> **INSTRUCTIONS TO FOLLOW**
From top to bottom, restate the entries below word for word.

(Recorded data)
......

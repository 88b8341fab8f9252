//! Scans of a map.
ghost use Rattle.std.specs.Prelude.{◌≡◌, ◌⊎◌, Some, IfOk, IfErr, OnErr, OnOk, IsSome};
ghost use Rattle.group_history.specs.Map.{Entries};
ghost use Rattle.group_history.specs.Scans.{rows_of};
ghost use Rattle.group_history.specs.declared.mutators.Stop.TheVariants.{NoMemory};
ghost use Rattle.map_chunks.specs.Sinks.{HasMore, HasBegun};
ghost use Rattle.map_chunks.specs.Places.{Grows, AreAll};
ghost use Rattle.map_tree.specs.Trees.{tree_places, tree_map};

use super::{Root, Tree};
use group_history::{Json, Scan, Stop, Text};
use map_chunks::scanning::scan_placed;
use map_chunks::{Chunks, TakesRows};
use std::alloc::Global;

impl Tree {
    /// The pairs that the scan asks for, in the order of their keys.
    pub fn scan<C: Chunks>(
        &self,
        alloc: Global,
        chunks: &mut C,
        scan: &Scan,
    ) -> Result<Vec<(Text, Json)>, Stop>
        requires places { AreAll (C.places chunks.old) (tree_places self.now) }
        requires map { IsSome (tree_map (C.contents chunks.old) self.now) }
        ensures grown { Grows C.contents C.places chunks.old chunks.new }
        ensures rows { (m : Entries) → tree_map (C.contents chunks.old) self.now ≡ Some m
            → IfOk result (λ rows. rows.items ≡ rows_of scan.now m) }
        ensures stopped { IfErr result (λ s. (s ≡ NoMemory) ⊎ C.stops s) }
    {
        let mut rows = Vec::new(alloc);
        self.scan_into(chunks, scan, &mut rows)?;
        Ok(rows)
    }

    /// Gives the pairs that the scan asks for to the sink, in the order of their keys. Stops for want of memory,
    /// which the sink takes, and a copy of the new chunks where a put has found its key and nothing else is
    /// changed; or as the store does. The sink has then a beginning of the pairs.
    pub fn scan_into<C: Chunks, S: TakesRows>(
        &self,
        chunks: &mut C,
        scan: &Scan,
        sink: &mut S,
    ) -> Result<(), Stop>
        requires places { AreAll (C.places chunks.old) (tree_places self.now) }
        requires map { IsSome (tree_map (C.contents chunks.old) self.now) }
        ensures grown { Grows C.contents C.places chunks.old chunks.new }
        ensures rows { (m : Entries) → tree_map (C.contents chunks.old) self.now ≡ Some m
            → OnOk result (HasMore S.has sink.old sink.new (rows_of scan.now m)) }
        ensures begun { (m : Entries) → tree_map (C.contents chunks.old) self.now ≡ Some m
            → OnErr result (HasBegun S.has sink.old sink.new (rows_of scan.now m)) }
        ensures stopped { IfErr result (λ s. (s ≡ NoMemory) ⊎ C.stops s) }
    {
        match &self.root {
            Root::Placed(at) => {
                scan_placed(chunks, *at, scan, scan.limit, sink)?;
                return Ok(());
            }
            Root::Own(node) => {
                node.scan(chunks, scan, scan.limit, sink)?;
                return Ok(());
            }
        }
    }
}
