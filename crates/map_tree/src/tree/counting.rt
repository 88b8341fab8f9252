//! How many chunks of a map aren't placed.
ghost use Rattle.std.specs.Prelude.{◌≡◌, ◌-◌, ◌^◌, min};
ghost use Rattle.map_tree.specs.Trees.{tree_fresh};

use super::{Root, Tree};

impl Tree {
    /// How many chunks of the map aren't placed: a freeze appends so many. No machine has so many that the
    /// count stops at the largest number.
    pub fn new_chunks(&self) -> u64
        ensures { result ≡ min (tree_fresh self.now) (2 ^ 64 - 1) }
    {
        match &self.root {
            Root::Placed(_) => 0,
            Root::Own(node) => node.new_chunks(),
        }
    }
}
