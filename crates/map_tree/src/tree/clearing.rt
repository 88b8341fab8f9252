//! A map emptied.
ghost use Rattle.std.specs.Prelude.{◌≡◌, [], Some, None};
ghost use Rattle.std.specs.FinMap as finite;
ghost use Rattle.group_history.specs.Spelling.{Contents};
ghost use Rattle.map_tree.specs.Trees.{tree_map, tree_depth, tree_fresh, tree_places, tree_levels, HasWideRoot};
ghost use Rattle.map_chunks.specs.Shown.{leaf_keys};
ghost use Rattle.map_nodes.specs.Levels.{nothing, topped, AreAsBefore};

use super::Tree;
use std::alloc::Global;

impl Tree {
    /// Takes out all keys. Placed chunks are left alone.
    pub fn clear(&mut self, alloc: Global)
        ensures map { (contents : Contents) → tree_map contents self.new ≡ Some finite.empty }
        ensures depth { (contents : Contents) → tree_depth contents self.new ≡ Some 1 }
        ensures fresh { tree_fresh self.new ≡ 1 }
        ensures levels { (contents : Contents) → AreAsBefore (topped (None, leaf_keys []) nothing)
            (tree_levels self.new contents) }
        ensures places { tree_places self.new ≡ [] }
        ensures wide { (contents : Contents) → HasWideRoot contents self.new }
    {
        *self = Tree::empty(alloc);
    }
}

......

> **SOLUTION TO THIS EXERCISE**
repository 88b8341fab8f9252
//! Scans of a map.
ghost use Rattle.std.specs.Prelude.{◌≡◌, ◌⊎◌, Some, IfOk, IfErr, OnErr, OnOk, IsSome};
ghost use Rattle.group_history.specs.Map.{Entries};
ghost use Rattle.group_history.specs.Scans.{rows_of};
ghost use Rattle.group_history.specs.declared.mutators.Stop.TheVariants.{NoMemory};
ghost use Rattle.map_chunks.specs.Sinks.{HasMore, HasBegun};
ghost use Rattle.map_chunks.specs.Places.{Grows, AreAll};
ghost use Rattle.map_tree.specs.Trees.{tree_places, tree_map};

use super::{Root, Tree};
use group_history::{Json, Scan, Stop, Text};
use map_chunks::scanning::scan_placed;
use map_chunks::{Chunks, TakesRows};
use std::alloc::Global;

impl Tree {
    /// The pairs that the scan asks for, in the order of their keys.
    pub fn scan<C: Chunks>(
        &self,
        alloc: Global,
        chunks: &mut C,
        scan: &Scan,
    ) -> Result<Vec<(Text, Json)>, Stop>
        requires places { AreAll (C.places chunks.old) (tree_places self.now) }
        requires map { IsSome (tree_map (C.contents chunks.old) self.now) }
        ensures grown { Grows C.contents C.places chunks.old chunks.new }
        ensures rows { (m : Entries) → tree_map (C.contents chunks.old) self.now ≡ Some m
            → IfOk result (λ rows. rows.items ≡ rows_of scan.now m) }
        ensures stopped { IfErr result (λ s. (s ≡ NoMemory) ⊎ C.stops s) }
    {
        let mut rows = Vec::new(alloc);
        self.scan_into(chunks, scan, &mut rows)?;
        Ok(rows)
    }

    /// Gives the pairs that the scan asks for to the sink, in the order of their keys. Stops for want of memory,
    /// which the sink takes, and a copy of the new chunks where a put has found its key and nothing else is
    /// changed; or as the store does. The sink has then a beginning of the pairs.
    pub fn scan_into<C: Chunks, S: TakesRows>(
        &self,
        chunks: &mut C,
        scan: &Scan,
        sink: &mut S,
    ) -> Result<(), Stop>
        requires places { AreAll (C.places chunks.old) (tree_places self.now) }
        requires map { IsSome (tree_map (C.contents chunks.old) self.now) }
        ensures grown { Grows C.contents C.places chunks.old chunks.new }
        ensures rows { (m : Entries) → tree_map (C.contents chunks.old) self.now ≡ Some m
            → OnOk result (HasMore S.has sink.old sink.new (rows_of scan.now m)) }
        ensures begun { (m : Entries) → tree_map (C.contents chunks.old) self.now ≡ Some m
            → OnErr result (HasBegun S.has sink.old sink.new (rows_of scan.now m)) }
        ensures stopped { IfErr result (λ s. (s ≡ NoMemory) ⊎ C.stops s) }
    {
        match &self.root {
            Root::Placed(at) => {
                scan_placed(chunks, *at, scan, scan.limit, sink)?;
                return Ok(());
            }
            Root::Own(node) => {
                node.scan(chunks, scan, scan.limit, sink)?;
                return Ok(());
            }
        }
    }
}
filename crates/map_tree/src/tree/counting.rt
repository 88b8341fab8f9252
//! How many chunks of a map aren't placed.
ghost use Rattle.std.specs.Prelude.{◌≡◌, ◌-◌, ◌^◌, min};
ghost use Rattle.map_tree.specs.Trees.{tree_fresh};

use super::{Root, Tree};

impl Tree {
    /// How many chunks of the map aren't placed: a freeze appends so many. No machine has so many that the
    /// count stops at the largest number.
    pub fn new_chunks(&self) -> u64
        ensures { result ≡ min (tree_fresh self.now) (2 ^ 64 - 1) }
    {
        match &self.root {
            Root::Placed(_) => 0,
            Root::Own(node) => node.new_chunks(),
        }
    }
}
filename crates/map_tree/src/tree/clearing.rt
repository 88b8341fab8f9252
//! A map emptied.
ghost use Rattle.std.specs.Prelude.{◌≡◌, [], Some, None};
ghost use Rattle.std.specs.FinMap as finite;
ghost use Rattle.group_history.specs.Spelling.{Contents};
ghost use Rattle.map_tree.specs.Trees.{tree_map, tree_depth, tree_fresh, tree_places, tree_levels, HasWideRoot};
ghost use Rattle.map_chunks.specs.Shown.{leaf_keys};
ghost use Rattle.map_nodes.specs.Levels.{nothing, topped, AreAsBefore};

use super::Tree;
use std::alloc::Global;

impl Tree {
    /// Takes out all keys. Placed chunks are left alone.
    pub fn clear(&mut self, alloc: Global)
        ensures map { (contents : Contents) → tree_map contents self.new ≡ Some finite.empty }
        ensures depth { (contents : Contents) → tree_depth contents self.new ≡ Some 1 }
        ensures fresh { tree_fresh self.new ≡ 1 }
        ensures levels { (contents : Contents) → AreAsBefore (topped (None, leaf_keys []) nothing)
            (tree_levels self.new contents) }
        ensures places { tree_places self.new ≡ [] }
        ensures wide { (contents : Contents) → HasWideRoot contents self.new }
    {
        *self = Tree::empty(alloc);
    }
}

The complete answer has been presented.